*** MATERIAL PROVIDED Section Begins ***

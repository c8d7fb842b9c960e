ghost use Rattle.std.specs.Prelude.{◌≡◌, ◌+◌, [], IfOk, MatchOption, unwrap_or};
ghost use Rattle.nsq_fakes.specs.MemFolders.{files_in};
ghost use Rattle.queue_image.specs.Between.{content};
ghost use Rattle.queue_image.specs.Places.{IsInRange, IsOrdered};
ghost use Rattle.drill_parts.specs.Left.{CountsAll, CountsChannels, CountsQueue, CountsTopic, CountsTopics, FindsNoNames, FindsNoTopic, FindsNoTopics, FindsNoneOf, GivesSo, HasNoList, WalksOver};

use names_file::{KeptChannel, KeptTopic};
use names_reading::{Unread, read_names};
use nsq_base::{Memory, Topic};
use nsq_fakes::MemFolder;
use queue_image::file_names::{channel_queue, data_file, meta_file};
use queue_image::{Positions, read_meta};
use queue_records::{Row, records_of};
use std::alloc::Global;

/// The fewest bytes of a record: those of a message without a body.
const LEAST_RECORD: u32 = 26;

/// The most bytes of a record: those of a message with the longest body.
const LONGEST_RECORD: u32 = 16_777_242;

/// How many messages an opening of a folder finds, in the queues of all topics and channels; None only where it finds no names. The folder is looked at and
/// not called.
pub fn left_in(alloc: Global, folder: &MemFolder) -> Result<Option<u64>, Memory>
    ensures { IfOk result (λ left. MatchOption left (FindsNoNames (files_in folder.now)) (CountsAll (files_in folder.now))) }
{
    let Some(text) = folder.file("nsqd.dat") else {
        return Ok(Some(0));
    };
    match read_names(alloc, text) {
        Ok(names) => in_topics(alloc, folder, &names.topics),
        Err(Unread::Bad) => Ok(None),
        Err(Unread::Memory) => Err(Memory),
    }
}

// How many messages are in these topics and their channels; None only where a queue of theirs can't be found.
fn in_topics(alloc: Global, folder: &MemFolder, topics: &[KeptTopic]) -> Result<Option<u64>, Memory>
    ensures { IfOk result (λ count. MatchOption count (FindsNoTopics (files_in folder.now) topics.now) (CountsTopics (files_in folder.now) topics.now)) }
{
    let mut sum = 0;
    for topic in topics {
        let Some(more) = in_topic(alloc, folder, topic)? else {
            return Ok(None);
        };
        sum = add(sum, more)?;
    }
    Ok(Some(sum))
}

// How many messages are in a topic and its channels; None only where a queue of its can't be found.
fn in_topic(alloc: Global, folder: &MemFolder, topic: &KeptTopic) -> Result<Option<u64>, Memory>
    ensures { IfOk result (λ count. MatchOption count (FindsNoTopic (files_in folder.now) topic.now) (CountsTopic (files_in folder.now) topic.now)) }
{
    let Some(own) = in_queue(alloc, folder, topic.topic.as_str())? else {
        return Ok(None);
    };
    let Some(theirs) = in_channels(alloc, folder, topic.topic, &topic.channels)? else {
        return Ok(None);
    };
    Ok(Some(add(own, theirs)?))
}

// How many messages are in these channels of a topic; None only where a queue of theirs can't be found.
fn in_channels(
    alloc: Global,
    folder: &MemFolder,
    topic: Topic,
    channels: &[KeptChannel],
) -> Result<Option<u64>, Memory>
    ensures { IfOk result (λ count. MatchOption count (FindsNoneOf (files_in folder.now) topic channels.now) (CountsChannels (files_in folder.now) topic channels.now)) }
{
    let mut sum = 0;
    for channel in channels {
        let name = channel_queue(alloc, topic.as_str(), channel.channel.as_str())?;
        let Some(more) = in_queue(alloc, folder, name.as_str())? else {
            return Ok(None);
        };
        sum = add(sum, more)?;
    }
    Ok(Some(sum))
}

// The sum of two numbers. What 64 bits don't hold counts as want of memory.
fn add(a: u64, b: u64) -> Result<u64, Memory>
    ensures { IfOk result (λ sum. sum ≡ a + b) }
{
    match a.checked_add(b) {
        Some(sum) => Ok(sum),
        None => Err(Memory),
    }
}

// How many messages are in the queue of this name; None only where its metadata is bad.
fn in_queue(alloc: Global, folder: &MemFolder, name: &str) -> Result<Option<u64>, Memory>
    ensures { IfOk result (λ count. MatchOption count (HasNoList (files_in folder.now) name.now) (CountsQueue (files_in folder.now) name.now)) }
{
    let Some(text) = folder.file(meta_file(alloc, name)?.as_str()) else {
        return Ok(Some(0));
    };
    let Some(positions) = read_meta(text) else {
        return Ok(None);
    };
    if positions.at_end() {
        return Ok(Some(0));
    }
    Ok(Some(walk(alloc, folder, name, positions)?))
}

// How many records the files of a queue have between the positions, without those of bad files. The numbers of the files are few.
fn walk(alloc: Global, folder: &MemFolder, name: &str, positions: Positions) -> Result<u64, Memory>
    requires order { IsOrdered positions }
    requires range { IsInRange positions }
    ensures { IfOk result (WalksOver positions (content (files_in folder.now) name.now) (positions.write_file + 1)) }
{
    let mut sum = 0;
    let mut number = positions.read_file;
    while number <= positions.write_file {
        let file = data_file(alloc, name, number)?;
        let bytes = content_of(folder, file.as_str());
        sum = add(sum, in_file(alloc, bytes, &positions, number)?)?;
        number += 1;
    }
    Ok(sum)
}

// What is in a file; one that is absent counts as empty.
fn content_of<'a>(folder: &'a MemFolder, name: &str) -> &'a [u8]
    ensures { result.now ≡ unwrap_or (files_in folder.now name.now) [] }
{
    match folder.file(name) {
        Some(bytes) => bytes,
        None => &[],
    }
}

// How many records the file of this number gives; none where it is bad.
fn in_file(alloc: Global, bytes: &[u8], positions: &Positions, number: u64) -> Result<u64, Memory>
    requires { IsOrdered positions.now }
    ensures { IfOk result (GivesSo positions.now number bytes.now) }
{
    let len = bytes.len() as u64;
    let start = positions.start_in(number);
    let end = positions.end_in(number, len);
    if start > len || end > len {
        return Ok(0);
    }
    match records_of(
        alloc,
        &bytes[start as usize..end as usize],
        LEAST_RECORD,
        LONGEST_RECORD,
    )? {
        Row::Whole(bodies) => Ok(bodies.count() as u64),
        Row::Damaged { .. } => Ok(0),
    }
}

*** MATERIAL PROVIDED Section Ends ***

[TASK TO COMPLETE]: The lines above that hold the word "start" are the ones to copy.

[EXERCISE SOLUTION]:
    let start = positions.start_in(number);
    if start > len || end > len {
        &bytes[start as usize..end as usize],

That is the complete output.